原创 Solving the case of the self-powered LED

I've always believed that system-level debugging is one of the most difficult engineering challenges. It requires experience and mentoring (neither of which you'll get in school); the ability to think both outside and inside the box; the stamina to examine and re-examine all your assumptions, data, and tests; and use of multiple disciplines as you work through a problem that may involve one or more of circuitry, software, and mechanical functions.

And then there those dumb but simple problems that turn out to not be problems at all, just a misreading of the observed symptoms.

I recently had some intermittent buttons on the keypad of a TV remote control—one of those $10 universal ones you can buy anywhere. Sure, I could have just tossed it out, but that's no fun. I had opened this one before, and the problem was one I've seen on many such remotes, cordless phones, and similar units.

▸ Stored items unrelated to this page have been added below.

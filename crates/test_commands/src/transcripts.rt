//! A script, visits of it, and what they print.
use crate::outside::{FAIR, Machine, emptied, status_over};
use crate::texts::input_of;
use std::alloc::Global;
use std::test::Fail;

/// A script that asks for two numbers, and shows their sum.
pub const SUM: &str =
    "(let ((a (string->number (extract-binding/single 'n (send/suspend (lambda (u) (list 'a (list (list 'href u)) \"1\")))))) (b (string->number (extract-binding/single 'n (send/suspend (lambda (u) (list 'a (list (list 'href u)) \"2\"))))))) (list 'p (number->string (+ a b))))";

// A sum goes on.
const FIRST_STEPS: &str = "get 0 /servlets/sum
get 0 /servlets/sum;0*0*0*0000000000000000?n=3
get 0 /servlets/sum;0*0*1*0000000000000001?n=4
";

// A sum goes on over each of two shelves.
const STEPS_OF_TWO: &str = "get 0 /servlets/sum
get 0 /servlets/sum;0*0*0*0000000000000000?n=3
get 0 /servlets/sum;0*0*1*0000000000000001?n=4
get 1 /servlets/sum
get 1 /servlets/sum;1*0*0*0000000000000000?n=3
get 1 /servlets/sum;1*0*1*0000000000000001?n=4
";

// A sum goes on, back, and again.
const STEPS: &str = "get 0 /servlets/sum
get 0 /servlets/sum;0*0*0*0000000000000000?n=3
get 0 /servlets/sum;0*0*1*0000000000000001?n=4
get 0 /servlets/sum;0*0*0*0000000000000000?n=10
get 0 /servlets/sum;0*0*3*0000000000000003?n=4
";

/// What these visits print, one write a reply.
pub const SUMS_PRINTED: &str = r#"0 200 52
<a href="/servlets/sum;0*0*0*0000000000000000">1</a>
0 200 52
<a href="/servlets/sum;0*0*1*0000000000000001">2</a>
0 200 8
<p>7</p>
0 200 52
<a href="/servlets/sum;0*0*3*0000000000000003">2</a>
0 200 9
<p>14</p>
"#;

/// The input of these visits.
pub fn sums(alloc: Global) -> Result<String, Fail> {
    input_of(alloc, ("sum", SUM), STEPS)
}

// Plays this input over an empty folder with so many shelves.
fn play_into<R: Machine>(rt: &R, folder: &str, shelves: &str, input: &str) -> Result<(), Fail> {
    emptied(rt, folder)?;
    let words = &[
        "hovgyelit",
        "play",
        "--journal",
        folder,
        "--shelves",
        shelves,
    ];
    if status_over(rt, words, input.as_bytes(), &FAIR)? == 0 {
        return Ok(());
    }
    Err(Fail::from("a journal that is not played"))
}

/// Plays the first of these visits, one after the other, over an empty folder with so many shelves.
pub fn play_first_sums<R: Machine>(rt: &R, folder: &str, shelves: &str) -> Result<(), Fail> {
    let input = input_of(rt.alloc(), ("sum", SUM), FIRST_STEPS)?;
    play_into(rt, folder, shelves, input.as_str())
}

/// Plays the first visits of each of two shelves over an empty folder.
pub fn play_sums_of_two<R: Machine>(rt: &R, folder: &str) -> Result<(), Fail> {
    let input = input_of(rt.alloc(), ("sum", SUM), STEPS_OF_TWO)?;
    play_into(rt, folder, "2", input.as_str())
}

They use a keypad assembly made of conductive elastomer dots which are supposed to complete a circuit on the PC board. In time, the dots start oozing some gunk as the dot material begins to decompose, and the gunk inhibits any low-resistance circuit closure through the dot.

I have a two-phase repair process: first, I clean the dots and the associated PC board with alcohol or degreaser. If that doesn't work, I glue small circles of aluminum foil onto each elastomeric contact, so real metal is now closing the circuit, while the gunk can no longer interfere. Sure, it's a lot of work, but it is oh-so-satisfying.

But this last go-round had me puzzled for a few minutes. Here's why: I had the remote control mounted in an angled vise—the kind you use when working on PC boards—so it wouldn't move around as I worked on it. I went through my usual cleaning steps, and was ready for a check of all the keys on the unit.

This remote control has a tiny LED in the upper corner, which flashes whenever you push any button, which gives a nice bit of user feedback, and is also handy for checking that I cleaned all the keys. Wait a moment: the LED was on, even when no keys were depressed. I figured that one or more of the keys was stuck "on", so I checked the PC board for shorts, a stray filament of wire, anything. Everything seemed OK.

So, I next took out the battery (in preparation for some continuity checks with the ohmmeter), and the LED stayed on even then. This meant one of several things: perhaps the unit included a supercap along with the battery, or it had some sort of harvesting circuit—but those were unlikely in such a cheap, toss-away unit. Or I had found my path to fame and fortune, with an LED which was self-powered and needed no external source (infinite efficiency!), but that too was unlikely. Hmmm...maybe I was misinterpreting the situation?

Then reality came, as I inadvertently moved my hand between my bench lamp and the remote control—and the LED went out. Long story short: that little LED was capturing and reflecting the illumination from the bench lamp, so it looked as if it was a light source, when it was not. Since the position and angle between the lamp and the LED was not changing, the LED was reflecting and thus "on" all the time.

It was a simple optical effect, and the cleaned-up keys of the keypad were actually fine. The reason I didn't see the LED come on as each button was pushed was that the LED's internally reflected glow from the bench lamp was much stronger than the powered-on illumination of the LED; in effect, the LED's powered output was swamped by the reflection it was delivering (it's a variation of the theme of noise>signal).

This is clearly a fairly trivial debug problem. While I assumed at first that it was a problem with the electronic circuitry, or mechanical buttons on the keypad, it was neither. Instead, it's another lesson for my learning-experience logbook, and fortunately it's a low-cost one.

Have you ever had debug problems where the evidence and your assumptions proved to be way off from the reality? And how did you find out?